Passivity-Based Gain-Scheduled Control with Scheduling Matrices
Sepehr Moalemi, James Richard Forbes
TL;DR
This work extends passivity-based gain scheduling to matrix scheduling signals, enabling richer design freedom for MIMO systems while preserving stability via the passivity framework. It proves that a matrix-gain-scheduled controller composed of VSP subcontrollers remains VSP when scheduling matrices are strongly active and bounded, generalizing prior scalar-signal results. SPR subcontrollers are synthesized using LQR with the Kalman–Yakubov-Popov (KYP) lemma, with multiple linearization points for a rigid two-link planar manipulator; a constant feedthrough ensures VSP behavior.

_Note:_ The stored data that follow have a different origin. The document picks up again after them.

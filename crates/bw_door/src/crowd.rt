//! All clients, by what they wait for.
ghost use Rattle.std.specs.Prelude.{◌≡◌, ◌<◌, ◌+◌, ◌-◌, ◌^◌, false, true, OnSome, IfNone};
ghost use Rattle.std.specs.VecDeque.{deque_len};
ghost use Rattle.slab.specs.Slab.{slab_len};
ghost use Rattle.bw_door.specs.Lateness.{is_client_late, is_leaving_late};
ghost use Rattle.bw_door.specs.Places.{NoneIs};

use crate::client::Client;
use crate::leaving::Leaving;
use crate::limits::Limits;
use crate::settles::Settles;
use crate::socket::{Told, place_of, token_of};
use crate::timed::weed;
use slab::Slab;
use std::alloc::Global;
use std::collections::VecDeque;
use std::marker::PhantomData;

/// A client whose message is whole, or who has ended.
#[derive(Drop)]
pub(crate) struct Due<S, W: Settles> {
    pub(crate) client: Client<S>,

    /// It has ended behind these bytes.
    pub(crate) ended: bool,
    kind: PhantomData<W>,
    ghost enough: { ended ≡ false → ∥ W.settled client.inbox.items ∥₁ },
}

impl<S, W: Settles> Due<S, W> {
    /// A client of which enough was read.
    pub(crate) fn new(client: Client<S>, ended: bool) -> Self
        requires { ended ≡ false → ∥ W.settled client.inbox.items ∥₁ }
        ensures client { result.client ≡ client }
        ensures ended { result.ended ≡ ended }
    {
        Due {
            client,
            ended,
            kind: PhantomData,
        }
    }
}

/// All clients, by what they wait for.
///
/// Each client that came waits for its message, is due, gets its reply, is out, or is gone, and none of them twice: their
/// counts say so at any time.
#[derive(Drop)]
pub(crate) struct Crowd<S, W: Settles> {
    waiting: Slab<Client<S>>,
    due: VecDeque<Due<S, W>>,
    leaving: Slab<Leaving<S>>,

    /// How many came.
    came: u64,

    /// How many are out: handed out as a link, or looked at.
    out: u64,

    /// How many were let go.
    gone: u64,

    /// The number of the last token.
    number: usize,

    /// How many bytes of memory replies have.
    kept: usize,
    ghost counted: { came ≡ slab_len waiting + deque_len due + slab_len leaving + out + gone },
}

impl<S, W: Settles> Crowd<S, W> {
    /// Nobody yet.
    pub(crate) fn new(alloc: Global) -> Self
        ensures came { result.came ≡ 0 }
        ensures out { result.out ≡ 0 }
    {
        Crowd {
            waiting: Slab::new(alloc),
            due: VecDeque::new(alloc),
            leaving: Slab::new(alloc),
            came: 0,
            out: 0,
            gone: 0,
            number: 0,
            kept: 0,
        }
    }

    /// How many clients are in that aren't out.
    pub(crate) fn count(&self) -> usize {
        self.waiting
            .len()
            .saturating_add(self.due.len())
            .saturating_add(self.leaving.len())
    }

    /// Whether all of so many places are taken.
    pub(crate) fn is_full(&self, places: usize) -> bool {
        self.count() >= places
    }

    /// Whether a further client may come: there is a place, or a client that can give way.
    pub(crate) fn has_room(&self, places: usize) -> bool
        ensures { result ≡ true → self.now.came < 2 ^ 64 - 1 }
    {
        self.came < u64::MAX && (!self.is_full(places) || !self.waiting.is_empty())
    }

    /// Whether a client is due.
    pub(crate) fn is_due(&self) -> bool {
        !self.due.is_empty()
    }

    /// Whether a client gets its reply.
    pub(crate) fn is_leaving(&self) -> bool
        ensures { result ≡ false → slab_len self.now.leaving ≡ 0 }
    {
        !self.leaving.is_empty()
    }

    /// How many bytes of memory replies have.
    pub(crate) fn kept(&self) -> usize {
        self.kept
    }

    /// A client came, and is out.
    pub(crate) fn enter(&mut self)
        requires { self.old.came < 2 ^ 64 - 1 }
        ensures came { self.new.came ≡ self.old.came + 1 }
        ensures out { self.new.out ≡ self.old.out + 1 }
    {
        self.came += 1;
        self.out += 1;
    }

    /// A token for the client that waits for its message next.
    pub(crate) fn waiting_token(&mut self) -> usize
        ensures { self.new.out ≡ self.old.out }
    {
        self.number = self.number.wrapping_add(1);
        token_of(self.number, self.waiting.vacant_key())
    }

    /// A token for the client that gets its reply next.
    pub(crate) fn leaving_token(&mut self) -> usize
        ensures { self.new.out ≡ self.old.out }
    {
        self.number = self.number.wrapping_add(1);
        token_of(self.number, self.leaving.vacant_key())
    }

    /// The client of this token that waits for its message, which is then out.
    pub(crate) fn take_waiting(&mut self, token: usize) -> Option<Client<S>>
        ensures some { OnSome result (self.new.out ≡ self.old.out + 1) }
        ensures none { IfNone result (self.new.out ≡ self.old.out) }
    {
        match take_told(&mut self.waiting, token) {
            Some(client) => {
                self.out += 1;
                Some(client)
            }
            None => None,
        }
    }

    /// The client of this token that gets its reply, which is then out.
    pub(crate) fn take_leaving(&mut self, token: usize) -> Option<Leaving<S>>
        ensures some { OnSome result (self.new.out ≡ self.old.out + 1) }
        ensures none { IfNone result (self.new.out ≡ self.old.out) }
    {
        match take_told(&mut self.leaving, token) {
            Some(leaving) => {
                self.out += 1;
                self.kept = self.kept.saturating_sub(leaving.kept());
                Some(leaving)
            }
            None => None,
        }
    }

    /// The client that has been due for longest, which is then out.
    pub(crate) fn take_due(&mut self) -> Option<Due<S, W>>
        ensures some { OnSome result (self.new.out ≡ self.old.out + 1) }
        ensures none { IfNone result (self.new.out ≡ self.old.out) }
    {
        match self.due.pop_front() {
            Some(due) => {
                self.out += 1;
                Some(due)
            }
            None => None,
        }
    }
}

impl<S: Drop, W: Settles> Crowd<S, W> {
    /// A client that was out waits for its message. Without memory it is let go.
    pub(crate) fn put_waiting(&mut self, client: Client<S>)
        requires { 0 < self.old.out }
        ensures { self.new.out + 1 ≡ self.old.out }
    {
        // At most as many are gone as came.
        let _came = self.came;
        self.out -= 1;
        self.gone += put_in(&mut self.waiting, client);
    }

    /// A client that was out is due. Without memory it is let go.
    pub(crate) fn put_due(&mut self, due: Due<S, W>)
        requires { 0 < self.old.out }
        ensures { self.new.out + 1 ≡ self.old.out }
    {
        // At most as many are gone as came.
        let _came = self.came;
        self.out -= 1;
        self.gone += put_last(&mut self.due, due);
    }

    /// A client that was out gets its reply. Without memory it is let go.
    pub(crate) fn put_leaving(&mut self, leaving: Leaving<S>)
        requires { 0 < self.old.out }
        ensures { self.new.out + 1 ≡ self.old.out }
    {
        // At most as many are gone as came.
        let _came = self.came;
        self.out -= 1;
        self.kept = self.kept.saturating_add(leaving.kept());
        self.gone += put_in(&mut self.leaving, leaving);
    }

    /// A client that was out is let go.
    pub(crate) fn let_go<T: Drop>(&mut self, client: T)
        requires { 0 < self.old.out }
        ensures { self.new.out + 1 ≡ self.old.out }
    {
        drop(client);
        self.out -= 1;
        self.gone += 1;
    }

    /// The client gives way that has sent nothing for the longest, of those whose message isn't whole. It says whether
    /// there was one.
    pub(crate) fn give_way(&mut self) -> bool
        ensures out { self.new.out ≡ self.old.out }
        ensures came { self.new.came ≡ self.old.came }
    {
        let quietest = self
            .waiting
            .iter()
            .min_by_key(|(_, client)| client.quiet_since());
        let Some((place, _)) = quietest else {
            return false;
        };
        match self.waiting.try_remove(place) {
            Some(client) => {
                drop(client);
                self.gone += 1;
                true
            }
            None => false,
        }
    }

    /// Lets each client go whose time is over.
    pub(crate) fn weed(&mut self, limits: Limits, now: u64)
        ensures out { self.new.out ≡ self.old.out }
        ensures waiting { NoneIs (is_client_late limits now) self.new.waiting }
        ensures leaving { NoneIs (is_leaving_late limits now) self.new.leaving }
    {
        // At most as many are gone as came.
        let _came = self.came;
        self.gone += weed(&mut self.waiting, limits, now);
        self.gone += weed(&mut self.leaving, limits, now);
        self.kept = memory_of(&self.leaving);
    }
}

/// How many bytes of memory replies have.
fn memory_of<S>(leaving: &Slab<Leaving<S>>) -> usize {
    let mut memory = 0usize;
    for (_, one) in leaving.iter() {
        memory = memory.saturating_add(one.kept());
    }
    memory
}

/// Takes out the one whose changes are told under this token, if there is one.
fn take_told<T: Told>(slab: &mut Slab<T>, token: usize) -> Option<T>
    ensures some { OnSome result (slab_len slab.new + 1 ≡ slab_len slab.old) }
    ensures none { IfNone result (slab_len slab.new ≡ slab_len slab.old) }
{
    let place = place_of(token);
    match slab.get(place) {
        Some(one) if one.is_told_as(token) => {}
        _ => return None,
    }
    slab.try_remove(place)
}

/// Puts one in, and says how many were let go for want of memory.
fn put_in<T: Drop>(slab: &mut Slab<T>, one: T) -> u64
    ensures { slab_len slab.new + result ≡ slab_len slab.old + 1 }
{
    match slab.insert(one) {
        Ok(_) => 0,
        Err(_) => 1,
    }
}

/// Puts one behind the others, and says how many were let go for want of memory.
fn put_last<T: Drop>(queue: &mut VecDeque<T>, one: T) -> u64
    ensures { deque_len queue.new + result ≡ deque_len queue.old + 1 }
{
    match queue.push_back(one) {
        Ok(()) => 0,
        Err(_) => 1,
    }
}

Numerical simulations show that matrix scheduling outperforms scalar scheduling by achieving substantially lower RMS tracking errors, while torque demands remain comparable, highlighting practical gains in performance and flexibility for uncertain nonlinear plants.
Abstract
This paper considers gain-scheduling of very strictly passive (VSP) subcontrollers using scheduling matrices. The use of scheduling matrices, over scalar scheduling signals, realizes greater design freedom, which in turn can improve closed-loop performance. The form and properties of the scheduling matrices such that the overall gain-scheduled controller is VSP are explicitly discussed. The proposed gain-scheduled VSP controller is used to control a rigid two-link robot subject to model uncertainty where robust input-output stability is assured via the passivity theorem. Numerical simulation results highlight the greater design freedom, resulting in improved performance, when scheduling matrices are used over scalar scheduled signals.